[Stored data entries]
|---|

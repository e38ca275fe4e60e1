ghost use Rattle.verdicts.specs.Verdicts.{place_of, refusal_of, verdict_of};
ghost use Rattle.std.specs.Prelude.{◌≡◌};

use checking::CheckFault;
use keeping::{InstanceAt, TieAt};

// Where a refusal stands.
#[derive(Clone, Copy, PartialEq, Eq, Debug)]
pub enum Place {
    // it is about the whole text
    Whole,
    // a line and a column of the text, both from 1
    Text { line: u32, column: u32 },
    Instance(InstanceAt),
    Tie(TieAt),
}

// The number of a refusal, and its place.
#[derive(Clone, Copy, PartialEq, Eq, Debug)]
pub struct Refusal {
    pub number: u32,
    pub place: Place,
}

// What a check comes to.
#[derive(Clone, Copy, PartialEq, Eq, Debug)]
pub enum Verdict {
    Accepted,
    Refused(Refusal),
}

// Where a fault stands.
fn place_of(fault: &CheckFault) -> Place
    ensures { result ≡ place_of fault.now }
{
    match *fault {
        CheckFault::Read(fault) => Place::Text {
            line: fault.line,
            column: fault.column,
        },
        CheckFault::Rule(fault) => Place::Text {
            line: fault.line,
            column: fault.column,
        },
        CheckFault::Instance(at) => Place::Instance(at),
        CheckFault::Tie(at) => Place::Tie(at),
        CheckFault::Rows | CheckFault::OtherRule | CheckFault::Size | CheckFault::Memory(_) => {
            Place::Whole
        }
    }
}

impl Refusal {
    // The refusal of a fault; none where memory is wanting, which is no verdict on the text.
    pub fn of(fault: &CheckFault) -> Option<Refusal>
        ensures { result ≡ refusal_of fault.now }
    {
        let number = fault.number()?;
        Some(Refusal {
            number,
            place: place_of(fault),
        })
    }
}

impl Verdict {
    // The verdict of a check's answer; none where memory is wanting.
    pub fn of<T>(answer: &Result<T, CheckFault>) -> Option<Verdict>
        ensures { result ≡ verdict_of answer.now }
    {
        match answer {
            Ok(_) => Some(Verdict::Accepted),
            Err(fault) => Some(Verdict::Refused(Refusal::of(fault)?)),
        }
    }
}
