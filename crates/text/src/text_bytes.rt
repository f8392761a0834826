// A text in an array.
ghost use Rattle.std.specs.Prelude.{◌≤◌};

// The first length bytes are its characters. The longest is the text of a table.
// Stays an array and a length: an `ArrayVec`, in which the characters are put together, is not
// `Copy`.
// Its methods stay in lib.rt: they cite specs/Text, which names the struct, and a struct with
// ghost fields takes in every `ghost use` of its file.
#[derive(Clone, Copy)]
pub struct Text {
    pub bytes: [u8; 768],
    pub length: usize,
    pub ghost fits: { length ≤ 768 },
}
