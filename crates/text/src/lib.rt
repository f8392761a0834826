// What the program `tonetable` prints for the bytes of a record.
#![tactic(auto)]

ghost use Rattle.std.specs.Prelude.{◌≡◌, ◌<◌, ◌≤◌, length};
ghost use Rattle.text.specs.Text.{hexadecimal, behind, table_text, refusal_text, printed};
ghost use Rattle.text.specs.Text.{text_of, InputText};

use arrayvec::ArrayVec;
use records::read_set;
use tables::entries_of;

mod text_bytes;

pub use text_bytes::Text;

// How many bytes of an input are read: one more than the longest record has, so that a byte behind
// a record shows.
pub const INPUT: usize = 523;

impl Text {
    // The text of these characters.
    fn of(characters: &ArrayVec<u8, 768>) -> Text
        ensures { text_of result ≡ characters.now.items }
    {
        let mut bytes = [0; 768];
        let length = characters.len();
        bytes[..length].copy_from_slice(characters.as_slice());
        Text { bytes, length }
    }

    // The characters.
    pub fn as_slice(&self) -> &[u8]
        ensures value { result.now ≡ text_of self.now }
        ensures fits { length result.now ≤ 768 }
    {
        &self.bytes[..self.length]
    }
}

// The digit of a number below 16.
// Stays, and a decimal digit is made likewise: the edits `lower_case` and `tens_of_eleven` hold
// them.
fn digit(d: u8) -> u8
    requires { d < 16 }
    ensures { result ≡ hexadecimal d }
{
    if d < 10 { b'0' + d } else { b'A' - 10 + d }
}

// What is behind entry i.
fn after(i: usize) -> u8
    ensures { result ≡ behind i }
{
    if i % 16 == 15 { b'\n' } else { b' ' }
}

// A table, in lines of 16 entries.
fn table_text(table: &[u8; 256]) -> Text
    ensures { text_of result ≡ table_text table.now }
{
    let mut text = ArrayVec::new();
    for i in 0..256 {
        let v = table[i];
        text.push(digit(v / 16));
        text.push(digit(v % 16));
        text.push(after(i));
    }
    Text::of(&text)
}

// A refusal with its number, which is below 100.
fn refusal_text(number: u8) -> Text
    requires { number < 100 }
    ensures { text_of result ≡ refusal_text number }
{
    let mut text = ArrayVec::new();
    text.try_extend_from_slice(b"refused ").unwrap();
    if 10 <= number {
        text.push(b'0' + number / 10);
    }
    text.push(b'0' + number % 10);
    text.push(b'\n');
    Text::of(&text)
}

// The master's byte table of the set in the record, or the refusal.
pub fn text_of(bytes: &[u8]) -> Text
    ensures { text_of result ≡ printed bytes.now }
{
    match read_set(bytes) {
        Ok(set) => table_text(&entries_of(set.master, set.interpolation)),
        Err(refusal) => refusal_text(refusal.number()),
    }
}

// The same for an input that was read to the first n bytes of an array.
// Stays: the theorem `input_printed` of record_facts is of the array and n.
pub fn text_of_input(input: [u8; INPUT], n: usize) -> Text
    ensures { InputText input n result }
{
    text_of(&input[..n.min(INPUT)])
}
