// Holds the reader and the writer of records to a second reading of documents 01 and 02, the model
// in tools/record_model.py.
// The model wrote the files stdin, a list of good and damaged records, and stdout, what this
// program must print. It says how both read.
#![tactic(auto)]

use answers::number_of;
use arrayvec::ArrayVec;
use points::Curve;
use questions::{Fnv32, Hexadecimal, front, read_array, read_array_vec};
use sets::{Channel, Curves};
use std::fmt::Write;
use std::hash::Hasher;
use std::io::Read;
use std::{fmt, io};
use tables::{CurveInterpolation, carried_by, carries_slopes, carries_tension};

// A longer record ends the list.
const LONGEST: usize = 1024;

// The points of a list, an x of two digits and a height of four for each.
#[derive(Clone, Copy)]
struct Points(Curve);

impl fmt::Display for Points {
    fn fmt<W: fmt::Write>(&self, f: &mut fmt::Formatter<W>) -> fmt::Result {
        let curve = &self.0;
        for (x, y) in curve.xs.iter().zip(curve.ys.iter()).take(curve.count) {
            write!(f, "{x:02x}{y:04x}")?;
        }
        Ok(())
    }
}

// The letter of a list, and its points or a dash.
#[derive(Clone, Copy)]
struct List(char, Channel);

impl fmt::Display for List {
    fn fmt<W: fmt::Write>(&self, f: &mut fmt::Formatter<W>) -> fmt::Result {
        let List(letter, list) = *self;
        if list.present {
            write!(f, " {letter}{}", Points(list.curve))
        } else {
            write!(f, " {letter}-")
        }
    }
}

// The number of a kind, and what it carries.
#[derive(Clone, Copy)]
struct Kind(CurveInterpolation);

impl fmt::Display for Kind {
    fn fmt<W: fmt::Write>(&self, f: &mut fmt::Formatter<W>) -> fmt::Result {
        let number = self.0.number();
        let carried = carried_by(self.0);
        write!(f, " K{number}")?;
        if carries_tension(number) {
            return write!(f, " {}", carried.tension);
        }
        if carries_slopes(number) {
            return write!(f, " {} {}", carried.start, carried.end);
        }
        Ok(())
    }
}

#[derive(Clone, Copy)]
struct Set(Curves);

impl fmt::Display for Set {
    fn fmt<W: fmt::Write>(&self, f: &mut fmt::Formatter<W>) -> fmt::Result {
        let set = self.0;
        let master = List('M', Channel::of(set.master));
        let red = List('R', set.red);
        let green = List('G', set.green);
        let blue = List('B', set.blue);
        let kind = Kind(set.interpolation);
        write!(f, "{master}{red}{green}{blue}{kind}")
    }
}

// Whether a record reads as this set.
fn reads_as(record: &[u8], set: Curves) -> bool {
    match records::read_set(record) {
        Ok(read) => sameness::same(read, set),
        Err(_) => false,
    }
}

// What the writer makes of a set, with a mark if that does not read as the same set.
#[derive(Clone, Copy)]
struct Written(Curves);

impl fmt::Display for Written {
    fn fmt<W: fmt::Write>(&self, f: &mut fmt::Formatter<W>) -> fmt::Result {
        let mut buffer = [0; 600];
        let length = writing::write_record(self.0, &mut buffer).unwrap_or(0);
        let record = front(&buffer, length);
        let mark = if reads_as(record, self.0) {
            ""
        } else {
            " differs"
        };
        write!(f, " = {}{mark}", Hexadecimal(record))
    }
}

// The set with the height of the master's first point one 256th above its level; an empty master
// stays.
fn with_fine_height(set: Curves) -> Curves {
    let mut master = set.master;
    if master.count == 0 {
        return set;
    }
    master.ys[0] = master.ys[0] / 256 * 256 + 1;
    set.with_master(master)
}

// What the writer answers for a set with a fine height.
fn fine_answer(set: Curves) -> u8 {
    match writing::write_record(with_fine_height(set), &mut [0; 600]) {
        Ok(_) => 0,
        Err(refusal) => refusal.number(),
    }
}

// The text of a record: the answer, the set, and unless it is refused what the writer makes of it
// and answers for it with a fine height.
#[derive(Clone, Copy)]
struct Text<'a>(&'a [u8]);

impl<'a> fmt::Display for Text<'a> {
    fn fmt<W: fmt::Write>(&self, f: &mut fmt::Formatter<W>) -> fmt::Result {
        let read = records::read_record(self.0);
        let answer = number_of(read.answer);
        let set = Set(read.set);
        if read.answer.is_ok() {
            let written = Written(read.set);
            let fine = fine_answer(read.set);
            write!(f, "{answer}{set}{written} ^ {fine}")
        } else {
            write!(f, "{answer}{set}")
        }
    }
}

// The next record in the list, if there is one.
fn next<R: Read>(input: &mut R) -> io::Result<Option<ArrayVec<u8, LONGEST>>> {
    let Some(length) = read_array(input)? else {
        return Ok(None);
    };
    let length = usize::from(u16::from_le_bytes(length));
    if length > LONGEST {
        return Ok(None);
    }
    let record = read_array_vec(input, length)?;
    Ok(Some(record).filter(|record| record.len() == length))
}

// Prints a line for each record of the stored list, which has far fewer than this bound.
fn print_list<R: Read>(rt: &impl Print, input: &mut R) -> io::Result<()> {
    for i in 0..100000 {
        let Some(record) = next(input)? else {
            return Ok(());
        };
        println!(rt; "{i}: {}", Text(record.as_slice()))?;
    }
    Ok(())
}

// How often each answer from 0 to 7 comes among some records, and the digest of their texts.
#[derive(Clone, Copy)]
struct Tally {
    answers: [u64; 8],
    digest: Fnv32,
}

impl fmt::Display for Tally {
    fn fmt<W: fmt::Write>(&self, f: &mut fmt::Formatter<W>) -> fmt::Result {
        for count in self.answers.iter() {
            write!(f, "{count} ")?;
        }
        write!(f, "{:08x}", self.digest.finish())
    }
}

// The 256 records of two bytes that begin with this map.
fn tallied(map: u8) -> Result<Tally, fmt::Error> {
    let mut answers = [0u64; 8];
    let mut digest = Fnv32::new();
    for second in 0..=255 {
        let record = [map, second];
        let answer = records::read_record(&record).answer;
        if let Some(count) = answers.get_mut(usize::from(number_of(answer))) {
            *count = count.wrapping_add(1);
        }
        writeln!(digest, "{}", Text(&record))?;
    }
    Ok(Tally { answers, digest })
}

// All records of up to two bytes: a line for the empty one, and one for those that begin with each
// map.
fn print_walk(rt: &impl Print) -> io::Result<()> {
    println!(rt; "no bytes: {}", Text(&[]))?;
    for map in 0..=255 {
        let one = [map];
        let text = Text(&one);
        let tally = tallied(map)?;
        println!(rt; "map {map:02x}: {text}; {tally}")?;
    }
    Ok(())
}

fn main(rt: HostRuntime) -> io::Result<()> {
    print_list(&rt, &mut rt.stdin())?;
    print_walk(&rt)
}
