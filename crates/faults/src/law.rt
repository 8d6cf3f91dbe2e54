//! The laws on the lines of a witness file.
ghost use Rattle.std.specs.Prelude.{◌≡◌, Some};
ghost use Rattle.faults.specs.FaultText.{law_name};

use std::fmt;

/// A law on a line of a witness file, by the name that is printed.
#[derive(Clone, Copy, Debug, PartialEq, Eq)]
pub enum Law {
    Header,
    Text,
    Cell,
    Cycle,
    Dual,
    Cocycle,
    Contraction,
    ValueContraction,
    Carried,
    Augmentation,
    Commutes,
    Matrix,
}

impl Law {
    /// The law's name as it is printed.
    pub fn as_str(self) -> &'static str
        ensures { result.now ≡ law_name self }
    {
        match self {
            Law::Header => "Header",
            Law::Text => "Text",
            Law::Cell => "Cell",
            Law::Cycle => "Cycle",
            Law::Dual => "Dual",
            Law::Cocycle => "Cocycle",
            Law::Contraction => "Contraction",
            Law::ValueContraction => "ValueContraction",
            Law::Carried => "Carried",
            Law::Augmentation => "Augmentation",
            Law::Commutes => "Commutes",
            Law::Matrix => "Matrix",
        }
    }
}

impl fmt::Display for Law {
    ghost output = { λ l. Some (law_name l) };

    fn fmt<W: fmt::Write>(&self, f: &mut fmt::Formatter<W>) -> fmt::Result {
        f.write_str(self.as_str())
    }
}
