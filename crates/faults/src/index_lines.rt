//! The lines on index matrices that are refused.
ghost use Rattle.std.specs.Prelude.{◌≡◌, ◌++◌, IfOk, codes, decimal};
ghost use Rattle.faults.specs.FaultText.{cube_text};
ghost use Rattle.faults.specs.ChainText.{cell_text, chain_text};

use crate::chain::put_chain;
use crate::fault::put_after;
use crate::map_lines::put_cube;
use crate::terms::CellChain;
use elem_cubes::Cell;
use std::alloc::{AllocError as NoMemory, Global};

// The line on a cube that is not where it should be.
pub(crate) fn not_included_text(alloc: Global, cube: &Cell, end: &[u8]) -> Result<Vec<u8>, NoMemory>
    ensures { IfOk result
        (λ line. line.items ≡ codes "error: index: " ++ cube_text cube.now ++ end.now) }
{
    let mut line = Vec::from_slice(alloc, b"error: index: ")?;
    put_cube(&mut line, cube)?;
    line.extend_from_slice(end)?;
    Ok(line)
}

// The line on an inclusion that is not invertible in a degree, and on a chain that shows it.
pub(crate) fn not_invertible_text(
    alloc: Global,
    degree: u8,
    side: &[u8],
    chain: &CellChain,
) -> Result<Vec<u8>, NoMemory>
    ensures { IfOk result (λ line. line.items ≡ codes "error: index: degree " ++ decimal degree
        ++ side.now ++ chain_text cell_text chain.now ++ codes "\n") }
{
    let mut line = Vec::from_slice(alloc, b"error: ")?;
    put_after(&mut line, b"index: degree ", degree)?;
    line.extend_from_slice(side)?;
    put_chain(&mut line, chain)?;
    line.extend_from_slice(b"\n")?;
    Ok(line)
}
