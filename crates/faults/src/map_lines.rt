//! The lines on maps that are refused.
ghost use Rattle.std.specs.Prelude.{◌≡◌, ◌++◌, IfOk, OnOk, codes};
ghost use Rattle.faults.specs.FaultText.{fault_text, cube_text, pair_text};
ghost use Rattle.faults.specs.ChainText.{cell_text};
ghost use Rattle.faults.specs.declared.fault.Fault.{Fault};

use crate::chain::put_chain;
use crate::fault::put_after;
use crate::generator::Generator;
use crate::terms::CellChain;
use corner_texts::put_corner;
use elem_cubes::Cell;
use std::alloc::{AllocError as NoMemory, Global};

// Adds a full cube by its lower corner.
pub(crate) fn put_cube(to: &mut Vec<u8>, cube: &Cell) -> Result<(), NoMemory>
    ensures { OnOk result (to.new.items ≡ to.old.items ++ cube_text cube.now) }
{
    put_corner(to, &cube.lower())
}

// The line on a cube without a value.
pub(crate) fn undefined_text(alloc: Global, cube: &Cell) -> Result<Vec<u8>, NoMemory>
    ensures { IfOk result (λ line. line.items ≡ fault_text (Fault.Undefined cube.now)) }
{
    let mut line = Vec::from_slice(alloc, b"error: map: no value at ")?;
    put_cube(&mut line, cube)?;
    line.extend_from_slice(b"\n")?;
    Ok(line)
}

// The line on a value that leaves a set.
pub(crate) fn leaves_text(
    alloc: Global,
    cube: &Cell,
    value: &Cell,
    end: &[u8],
) -> Result<Vec<u8>, NoMemory>
    ensures { IfOk result
        (λ line. line.items ≡ codes "error: map: " ++ pair_text cube.now value.now ++ end.now) }
{
    let mut line = Vec::from_slice(alloc, b"error: map: ")?;
    put_cube(&mut line, cube)?;
    line.extend_from_slice(b" -> ")?;
    put_cube(&mut line, value)?;
    line.extend_from_slice(end)?;
    Ok(line)
}

// The line on an empty value.
pub(crate) fn empty_value_text(alloc: Global, cell: &Cell) -> Result<Vec<u8>, NoMemory>
    ensures { IfOk result (λ line. line.items ≡ fault_text (Fault.EmptyValue cell.now)) }
{
    let mut line = Vec::from_slice(alloc, b"error: map: value at ")?;
    cell.put(&mut line)?;
    line.extend_from_slice(b" is empty\n")?;
    Ok(line)
}

// The line on a value that is not acyclic.
pub(crate) fn not_acyclic_text(
    alloc: Global,
    cell: &Cell,
    degree: u8,
    cycle: &CellChain,
    cocycle: &CellChain,
) -> Result<Vec<u8>, NoMemory>
    ensures { IfOk result
        (λ line. line.items ≡ fault_text (Fault.NotAcyclic cell.now degree cycle.now cocycle.now)) }
{
    let mut line = Vec::from_slice(alloc, b"error: map: value at ")?;
    cell.put(&mut line)?;
    put_after(&mut line, b" is not acyclic in degree ", degree)?;
    line.extend_from_slice(b": cycle ")?;
    put_chain(&mut line, cycle)?;
    line.extend_from_slice(b", cocycle ")?;
    put_chain(&mut line, cocycle)?;
    line.extend_from_slice(b"\n")?;
    Ok(line)
}
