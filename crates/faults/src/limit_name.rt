//! The counts that have a limit.
ghost use Rattle.std.specs.Prelude.{◌≡◌, Some};
ghost use Rattle.faults.specs.FaultText.{limit_name};

use std::fmt;

/// A count that has a limit.
#[derive(Clone, Copy, Debug, PartialEq, Eq)]
pub enum LimitName {
    /// The bytes of one input file.
    FileBytes,
    /// The distinct members of one set file, or of the result of a set tool.
    Cubes,
    /// The distinct pairs of a cube and a value of one map file.
    MapPairs,
    /// The cells of a pair.
    Cells,
    /// The entries of the matrix of a map in one degree.
    MatrixEntries,
    /// The generators of one chain file.
    Generators,
    /// The terms of one chain file.
    Terms,
    /// The cells of a set whose chains a witness file names.
    WitnessCells,
    /// The sum of the squares of the numbers of cells of the values of a map.
    CarrierSize,
    /// The ends of the cubes of a neighbourhood.
    Coordinates,
}

impl LimitName {
    /// The count's name as it is printed.
    pub fn as_str(self) -> &'static str
        ensures { result.now ≡ limit_name self }
    {
        match self {
            LimitName::FileBytes => "file-bytes",
            LimitName::Cubes => "cubes",
            LimitName::MapPairs => "map-pairs",
            LimitName::Cells => "cells",
            LimitName::MatrixEntries => "matrix-entries",
            LimitName::Generators => "generators",
            LimitName::Terms => "terms",
            LimitName::WitnessCells => "witness-cells",
            LimitName::CarrierSize => "carrier-size",
            LimitName::Coordinates => "coordinates",
        }
    }
}

impl fmt::Display for LimitName {
    ghost output = { λ l. Some (limit_name l) };

    fn fmt<W: fmt::Write>(&self, f: &mut fmt::Formatter<W>) -> fmt::Result {
        f.write_str(self.as_str())
    }
}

|---|

- _Exercise objective_
Would you please copy every line in the data that contains the word "fits"?

- _Solution below_
    pub ghost fits: { length ≤ 768 },
        ensures fits { length result.now ≤ 768 }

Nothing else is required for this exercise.